[Given entries — start]

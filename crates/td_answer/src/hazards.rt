//! The hazards of each output, as a table.

ghost use Rattle.std.specs.Prelude.{◌≡◌, ◌<◌, length, slice_get, Bool, true, false, Some, IfOk, IfErr, OnOk, None as Nothing};
ghost use Rattle.std.specs.List.{AllZip};
ghost use Rattle.td_nets.specs.Netlist.{Name as Named};
ghost use Rattle.td_circuit.specs.Settings.{Setting};
ghost use Rattle.td_circuit.specs.Numbering.{setting};
ghost use Rattle.td_source.specs.Each.{alone};
ghost use Rattle.td_certificate.specs.Accepts.{are_fit};
ghost use Rattle.td_refutation.specs.Asking.{Asking};
ghost use Rattle.td_refute.specs.Kept.{IsBoundAmong};
ghost use Rattle.td_worst.specs.Kept.{LiesBetweenAmong};
ghost use Rattle.td_lines.specs.declared.line.Hazard.TheVariants as HazardAs;
ghost use Rattle.td_question.specs.Keeping.{count_nets};
ghost use Rattle.td_answer.specs.Additions.{AddsLines};
ghost use Rattle.td_answer.specs.Columns.{IsOnlyOutput, where_settles, pairs_of, IsTrueAnswer};
ghost use Rattle.td_answer.specs.Hazards.{IsTrueHazard, settles_at, IsTrueHazardRow, all_at_both, AreHazards, is_open, hazards_ending, AreTrueHazards};
ghost use Rattle.td_answer.specs.Outlooks.{IsTrueOutlook};
ghost use Rattle.td_answer.specs.Searches.{IsRefusedSearch};
ghost use Rattle.td_answer.specs.Tables.{IsUnanswered};
ghost use Rattle.td_answer.specs.Writing.{CanBeWritten};

use crate::alone::{Alone, Inquiry, Settled, answer_where, output_number};
use crate::answers::vector_of;
use crate::head::begun;
use crate::names::label;
use crate::outcome::Outcome;
use crate::outlook::{Outlook, outlooks};
use crate::refusal::Refusal;
use crate::sample::sample_of;
use crate::status::Status;
use crate::worst::limits_of;
use std::alloc::{AllocError, Global};
use std::sync::Wait;
use std::thread::Threads;
use td_domain::Pair;
use td_gates::Level;
use td_lead::Timed;
use td_lines::{Hazard, HazardRow, Line, Report};
use td_question::{Asked, question_of};
use td_reading::Reading;
use td_request::Search;
use td_source::EachOutput;
use td_spans::Form;
use td_stop::Stop;
use td_worst::KeptAnswer;

/// An output settles at this level under both vectors: at 1, or at 0.
fn settles_at(level: bool) -> Form
    ensures { result ≡ settles_at level }
{
    if level {
        return Form::Levels(Level::One, Level::One);
    }
    Form::Levels(Level::Zero, Level::Zero)
}

/// That an output can change late, by this pair.
fn shown_by(alloc: Global, pair: &Pair) -> Result<Hazard, AllocError>
    ensures { IfOk result (λ hazard. hazard ≡ HazardAs.Can pair.now.first pair.now.second) }
{
    let from = vector_of(alloc, pair.first())?;
    let to = vector_of(alloc, pair.second())?;
    Ok(Hazard::Can { from, to })
}

/// What a pair and an upper figure say of a hazard.
fn between(alloc: Global, best: &Timed, high: u64) -> Result<Hazard, AllocError>
    ensures { IfOk result (λ hazard. (given : Setting) (asking : Asking) → LiesBetweenAmong given asking best.now high → IsTrueHazard given asking hazard) }
{
    if best.time > 0 {
        return shown_by(alloc, &best.pair);
    }
    Ok(below(high))
}

/// What an upper figure alone says of a hazard.
fn below(high: u64) -> Hazard
    ensures { (given : Setting) (asking : Asking) → IsBoundAmong given asking high → IsTrueHazard given asking result }
{
    if high == 0 {
        Hazard::Never
    } else {
        Hazard::Open
    }
}

/// What an answer says of a hazard.
fn hazard_in(alloc: Global, answer: &KeptAnswer) -> Result<Hazard, AllocError>
    ensures { IfOk result (λ hazard. (given : Setting) (asking : Asking) → IsTrueAnswer given asking answer.now → IsTrueHazard given asking hazard) }
{
    match answer {
        KeptAnswer::Exact { best, .. } => between(alloc, best, best.time),
        KeptAnswer::Between { best, high, .. } => between(alloc, best, *high),
        KeptAnswer::Open { high, .. } => Ok(below(*high)),
        KeptAnswer::NoPair { .. } => Ok(Hazard::NoPair),
    }
}

/// The hazard of the output at a level.
fn hazard_at<'n, 'w, R: Threads + Wait + Sync>(
    rt: &R,
    alloc: Global,
    alone: Alone<'_, 'w>,
    level: bool,
) -> Result<Hazard, Refusal<'n, 'w>>
    requires held { length alone.inquiry.admit.now.held ≡ length alone.circuit.now.netlist.inputs }
    requires fit { are_fit (count_nets alone.circuit.now.netlist) alone.inquiry.keep.now ≡ true }
    requires output { IsOnlyOutput alone.circuit.now.netlist alone.net }
    requires outlook { IsTrueOutlook (setting alone.circuit.now) alone.inquiry.admit.now alone.outlook }
    ensures hazard { IfOk result (IsTrueHazard (setting alone.entry.circuit.now)
        (where_settles (pairs_of alone.entry.inquiry) alone.entry.net (settles_at level))) }
    ensures refusal { IfErr result (IsUnanswered alone.entry.inquiry.admit.now) }
{
    let settled = Settled {
        form: settles_at(level),
        required: Some(0),
    };
    let answer = answer_where(rt, alloc, alone, settled)?;
    let hazard = hazard_in(alloc, &answer)?;
    Ok(hazard)
}

/// The hazards of an output: at 0, and at 1.
#[derive(Debug, Drop)]
struct Both {
    low: HazardRow,
    high: HazardRow,
}

/// The rows of the output at this place, which is asked about alone.
fn both_of<'n, 'w, R: Threads + Wait + Sync>(
    rt: &R,
    alloc: Global,
    outputs: &mut EachOutput,
    place: usize,
    outlook: Outlook<'_>,
    inquiry: Inquiry<'_, 'w>,
) -> Result<Both, Refusal<'n, 'w>>
    requires place { place < length outputs.old.whole.netlist.outputs }
    requires held { length inquiry.admit.now.held ≡ length outputs.old.whole.netlist.inputs }
    requires fit { are_fit (count_nets outputs.old.whole.netlist) inquiry.keep.now ≡ true }
    requires outlook { (output : Named) → slice_get outputs.old.whole.netlist.outputs place ≡ Some output
        → IsTrueOutlook (alone (setting outputs.old.whole) output) inquiry.admit.now outlook }
    ensures rows { IfOk result (λ both. (output : Named) → slice_get outputs.old.whole.netlist.outputs place ≡ Some output
        → IsTrueHazardRow (setting outputs.old.whole) (pairs_of inquiry.entry) (output, false) both.low
        × IsTrueHazardRow (setting outputs.old.whole) (pairs_of inquiry.entry) (output, true) both.high) }
    ensures whole { outputs.new.whole ≡ outputs.old.whole }
    ensures refusal { IfErr result (IsUnanswered inquiry.entry.admit.now) }
{
    let low_output = label(alloc, &outputs.names()[place])?;
    let high_output = label(alloc, &outputs.names()[place])?;
    outputs.ask(alloc, place)?;
    let circuit = outputs.circuit();
    let alone = Alone {
        circuit,
        net: output_number(circuit),
        outlook,
        inquiry,
    };
    let low = hazard_at(rt, alloc, alone, false)?;
    let high = hazard_at(rt, alloc, alone, true)?;
    Ok(Both {
        low: HazardRow {
            output: low_output,
            level: false,
            hazard: low,
        },
        high: HazardRow {
            output: high_output,
            level: true,
            hazard: high,
        },
    })
}

/// Two rows for each output, in order.
fn rows<'n, 'w, R: Threads + Wait + Sync>(
    rt: &R,
    alloc: Global,
    outputs: &mut EachOutput,
    outlooks: &[Outlook<'_>],
    inquiry: Inquiry<'_, 'w>,
) -> Result<Vec<HazardRow>, Refusal<'n, 'w>>
    requires held { length inquiry.admit.now.held ≡ length outputs.old.whole.netlist.inputs }
    requires fit { are_fit (count_nets outputs.old.whole.netlist) inquiry.keep.now ≡ true }
    requires outlooks { AllZip (λ output. IsTrueOutlook (alone (setting outputs.old.whole) output) inquiry.admit.now)
        outputs.old.whole.netlist.outputs outlooks.now }
    ensures rows { IfOk result (λ rows. AllZip (IsTrueHazardRow (setting outputs.old.whole) (pairs_of inquiry.entry))
        (all_at_both outputs.old.whole.netlist.outputs) rows.items) }
    ensures refusal { IfErr result (IsUnanswered inquiry.entry.admit.now) }
{
    let count = outputs.names().len();
    let mut rows = Vec::new(alloc);
    for place in 0..count {
        let Both { low, high } = both_of(rt, alloc, outputs, place, outlooks[place], inquiry)?;
        rows.push(low)?;
        rows.push(high)?;
    }
    Ok(rows)
}

/// Whether a hazard is left open.
fn is_open(hazard: &Hazard) -> bool
    ensures { result ≡ is_open hazard.now }
{
    match hazard {
        Hazard::Can { .. } | Hazard::Never | Hazard::NoPair => false,
        Hazard::Open => true,
    }
}

/// How a table ends: some search was cut short, or nothing is left open.
fn ending(rows: &[HazardRow]) -> Status
    ensures { result ≡ hazards_ending rows.now }
{
    for row in rows {
        if is_open(&row.hazard) {
            return Status::Between;
        }
    }
    Status::Done
}

/// Appends the rows, where there are any.
fn push_rows(report: &mut Report, rows: Vec<HazardRow>) -> Result<(), AllocError>
    ensures { OnOk result (AddsLines (AreHazards rows.items) report.old report.new) }
{
    if rows.is_empty() {
        return Ok(());
    }
    report.add(Line::Hazards(rows))
}

/// The hazards of each output of what a request asks of a text, which is asked about alone.
pub(crate) fn hazards<'n, 'w, 'a, R: Threads + Wait + Sync>(
    rt: &R,
    alloc: Global,
    text: &'n [u8],
    reading: &Reading<'_>,
    search: &'a Search<'w>,
    stop: &'a Stop,
) -> Result<Outcome, Refusal<'n, 'w>>
    ensures says { IfOk result (AreTrueHazards text.now reading.now search.now) }
    ensures certified { IfOk result (λ outcome. outcome.certificate ≡ Nothing) }
    ensures written { IfOk result CanBeWritten }
    ensures refusal { IfErr result (IsRefusedSearch text.now reading.now search.now) }
{
    let Asked {
        circuit,
        admit,
        keep,
        ..
    } = question_of(alloc, text, reading, &search.question)?;
    stop.gauge.end_reading();
    let mut report = begun(alloc, &circuit)?;
    let sample = sample_of(alloc, &circuit, &admit)?;
    let outlooks = outlooks(alloc, &circuit, &admit, &sample)?;
    let mut outputs = EachOutput::of(alloc, circuit)?;
    let inquiry = Inquiry {
        admit: &admit,
        keep: &keep,
        search,
        limits: limits_of(&search.effort, stop),
    };
    let rows = rows(rt, alloc, &mut outputs, &outlooks, inquiry)?;
    let status = ending(&rows);
    push_rows(&mut report, rows)?;
    Ok(Outcome {
        report,
        certificate: None,
        dump: None,
        status,
        verdict: None,
    })
}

[Given entries — finish]

Exercise directions =
Looking at the data above, count every line holding the word "NoPair" and state only the count.

Solution to the problem =
2